10. What is your late work policy?
- Late work will be graded for up to 80% of full credit.
- If you miss class, you will need to turn in your Question of the Day answer via email at firstname.lastname@example.org.
- All late work is due on May 16.
- I cannot accept any work handed in after May 16 at 11:59 PM.
Class and College Policies and Other General Issues
Academic Honesty: A Note on Plagiarism
All students are expected to uphold the principles of academic honesty. Academic dishonesty (e.g., cheating, copying, and plagiarism) will not be tolerated. Plagiarism is presenting the ideas and writings of another person as your own. Plagiarism is stealing. The penalty for plagiarism or any other type of cheating will be failure of either the assignment or the class. THIS INCLUDES USE OF ChatGPT.
If this happens to you, you will be placed on academic probation and will lose your financial aid. Repeat offenders may be dismissed from SUNY-Broome with a permanent mark on their academic records, which will make it impossible to transfer to any other college.
Do not underestimate the seriousness of plagiarism. It is one of the worst possible things you can do as a student, and is a total violation of your relationship to your classmates, your professor, and your college.
In short: your assignments MUST be the product of your own thoughts and efforts. If you ever are in doubt about what might constitute plagiarism, please ask me before taking a risk that could ruin your academic career. For more on SUNY-Broome’s policies on academic honesty, see http://www.sunybroome.edu/c/document_library/get_file?p_l_id=142779&folderId=142906&name=DLFE-762.pdf.
Students With Disabilities
Any student who has a need for accommodations because of the impact of a disability should talk to me privately, and also visit the Disability Services Office in room L-209A on the second floor of the library or call them at 607-778-5150. SUNY-Broome is committed to the success of all students, and I will make every effort to meet your needs.
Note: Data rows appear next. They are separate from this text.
//! The lengths of links as their prices.

ghost use Rattle.std.specs.Prelude.{◌<◌, length};

use geo_int::arrow;
use least_sums::LinkPrices;
use overpass_graph::Map;
use std::alloc::{AllocError, Global};

/// What stands for no length.
pub(crate) const NONE: u32 = 4294967295;

/// The lengths of links in millimetres, by number.
#[derive(Drop)]
pub(crate) struct Lengths {
    pub(crate) lengths: Vec<u32>,
}

impl LinkPrices for Lengths {
    ghost use Rattle.map_cases.specs.Prices.{price-small, length_prices};
    ghost use Rattle.std.specs.Prelude.{length};

    ghost priced = { λ l. record {
      count = length l.lengths.items;
      price =
          length_prices l.lengths.items;
    } };

    ghost small = { λ l link price below is. price-small _ price is };

    fn price(&self, link: u32) -> Option<u128> {
        let length = self.lengths[link as usize];
        if length < NONE {
            Some(length as u128)
        } else {
            None
        }
    }
}

/// The length of a link.
fn length_of(map: &Map, link: u32) -> u32
    requires in_range { link < length map.now.links }
{
    let _ = map.links();
    let ends = map.link(link);
    match arrow(map.node_spot(ends.from), map.node_spot(ends.to)) {
        Some(arrow) => arrow.len as u32,
        None => NONE,
    }
}

/// The lengths of all links.
pub(crate) fn measured(alloc: Global, map: &Map) -> Result<Lengths, AllocError> {
    let mut lengths = Vec::new(alloc);
    'links: for link in 0..map.links() {
        lengths.push(length_of(map, link))?;
    }
    Ok(Lengths { lengths })
}
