//! Scans a generated Overpass text of so many blocks of four elements, in pieces of so many bytes,
//! and prints how many steps it has.

ghost use Rattle.std.specs.Prelude.{◌≡◌, ◌<◌, false, OnOk};
ghost use Rattle.json_text.specs.Scanner.{fed, has_ended};

use crate::timed::words::number_at;
use json_text::{JsonAnswer, Scanner, Verdict};
use std::alloc::{AllocError, Global};
use std::io;

const HEAD: &str = "{\n  \"version\": 0.6,\n  \"elements\": [\n\n";

const NODE: &str = "{\n  \"type\": \"node\",\n  \"id\": 240092010,\n  \"lat\": 49.0069134,\n  \
     \"lon\": 8.4036527\n},\n";

const WAY: &str = "{\n  \"type\": \"way\",\n  \"id\": 4040540,\n  \"nodes\": [\n    21385236,\n    \
     21385237,\n    21385238,\n    21385239\n  ],\n  \"tags\": {\n    \
     \"highway\": \"residential\",\n    \"name\": \"Kaiserstra\u{df}e\",\n    \
     \"surface\": \"asphalt\"\n  }\n},\n";

const LAST: &str =
    "{\n  \"type\": \"node\",\n  \"id\": 1,\n  \"lat\": 49.0,\n  \"lon\": -8.5\n}\n\n  ]\n}\n";

/// How many bytes were fed, and how many steps they had.
#[derive(Clone, Copy)]
struct Counts {
    bytes: u64,
    steps: u64,
}

/// Takes the steps that are fixed, counts them, and returns the verdict behind them.
fn take_steps(scanner: &mut Scanner, counts: &mut Counts) -> Result<Verdict, AllocError>
    ensures fed { fed scanner.new ≡ fed scanner.old }
    ensures ended { has_ended scanner.new ≡ has_ended scanner.old }
    ensures counted { counts.new.bytes ≡ counts.old.bytes }
{
    'steps: for _ in 0..u32::MAX {
        match scanner.next()? {
            JsonAnswer::Step(_) => counts.steps = counts.steps.wrapping_add(1),
            JsonAnswer::Verdict(verdict) => return Ok(verdict),
        }
    }
    Ok(Verdict::More)
}

/// Feeds a piece, and takes the steps that it fixes.
fn feed_piece(scanner: &mut Scanner, piece: &[u8], counts: &mut Counts) -> Result<(), AllocError>
    requires counted { fed scanner.old ≡ counts.old.bytes }
    requires open { has_ended scanner.old ≡ false }
    ensures counted { OnOk result (fed scanner.new ≡ counts.new.bytes) }
    ensures open { has_ended scanner.new ≡ false }
{
    if counts.bytes < 1 << 60 && piece.len() < 1 << 60 {
        scanner.feed(piece)?;
        counts.bytes += piece.len() as u64;
        let _ = take_steps(scanner, counts)?;
    }
    Ok(())
}

/// Feeds as many whole pieces as there are bytes for, and leaves the others.
fn feed_pieces(
    scanner: &mut Scanner,
    text: &mut Vec<u8>,
    size: usize,
    counts: &mut Counts,
) -> Result<(), AllocError>
    requires size { 0 < size }
    requires counted { fed scanner.old ≡ counts.old.bytes }
    requires open { has_ended scanner.old ≡ false }
    ensures counted { OnOk result (fed scanner.new ≡ counts.new.bytes) }
    ensures open { has_ended scanner.new ≡ false }
{
    'pieces: while text.len() >= size {
        feed_piece(scanner, &text[..size], counts)?;
        let left = text.len() - size;
        text.rotate_left(size);
        text.truncate(left);
    }
    Ok(())
}

/// Writes four elements.
fn push_block(text: &mut Vec<u8>) -> Result<(), AllocError> {
    for _ in 0..3u8 {
        text.extend_from_slice(NODE.as_bytes())?;
    }
    text.extend_from_slice(WAY.as_bytes())
}

/// Writes so many blocks and feeds them in pieces of a size, the last one whatever it has.
fn feed_blocks(
    scanner: &mut Scanner,
    text: &mut Vec<u8>,
    blocks: u64,
    size: usize,
    counts: &mut Counts,
) -> Result<(), AllocError>
    requires size { 0 < size }
    requires counted { fed scanner.old ≡ counts.old.bytes }
    requires open { has_ended scanner.old ≡ false }
{
    'elements: for _ in 0..blocks {
        push_block(text)?;
        feed_pieces(scanner, text, size, counts)?;
    }
    text.extend_from_slice(LAST.as_bytes())?;
    feed_piece(scanner, text, counts)
}

/// Scans so many blocks in pieces of a size, and returns the verdict.
fn scan(
    alloc: Global,
    scanner: &mut Scanner,
    blocks: u64,
    size: usize,
    counts: &mut Counts,
) -> Result<Verdict, AllocError>
    requires size { 0 < size }
    requires counted { fed scanner.old ≡ counts.old.bytes }
    requires open { has_ended scanner.old ≡ false }
{
    let mut text = Vec::from_slice(alloc, HEAD.as_bytes())?;
    feed_blocks(scanner, &mut text, blocks, size, counts)?;
    scanner.end();
    take_steps(scanner, counts)
}

/// The word for a verdict.
fn word_of(verdict: Verdict) -> &'static str {
    match verdict {
        Verdict::Whole => "Done",
        Verdict::More => "More",
        Verdict::BadAt(_) => "Bad",
    }
}

/// Scans as many blocks in pieces of a size as the words say, and prints what came of it.
pub(crate) fn run(rt: &HostRuntime, words: &[String]) -> io::Result<()> {
    let blocks = number_at(words, 0, 1000);
    let size = number_at(words, 1, 65536).max(1) as usize;
    let mut scanner = Scanner::new(rt.alloc());
    let mut counts = Counts { bytes: 0, steps: 0 };
    let verdict = scan(rt.alloc(), &mut scanner, blocks, size, &mut counts)?;
    println!(rt;
        "{} bytes, {} steps, {}",
        counts.bytes,
        counts.steps,
        word_of(verdict)
    )
}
Other Student Support Services
If you are struggling in this class or any other classes for ANY reason, contact Student Support Services in room L-017 in the library, or call them at 607-778-5150. Student Support Services offers many supports for students struggling for ANY reason. Some students may be eligible for TRiO Student Support Services, a federally funded program designed to support students who are first-generation, low-income, and/or disabled.
If You Have Any Questions or Problems, or If You Are Struggling
Talk to me. I want you to succeed, and I will do what I can to help. If you have any questions, comments, problems, issues, doubts, or suggestions at all, please come see me during office hours, or, if my office hours conflict with your schedule, make an appointment to see me at another time. Your professors make themselves available to assist you in the ways that they can; it is your responsibility to take them up on it by reaching out.
This page constitutes a contract between you and me.
If you have read it and have decided to remain in my class, I will understand your continued presence to mean that you agree to its terms, and that you will abide by them.
Please read this page often, because it contains answers to many commonly-asked questions that will come up during this course.
If you have any questions that are NOT answered here, please don’t hesitate to ask me.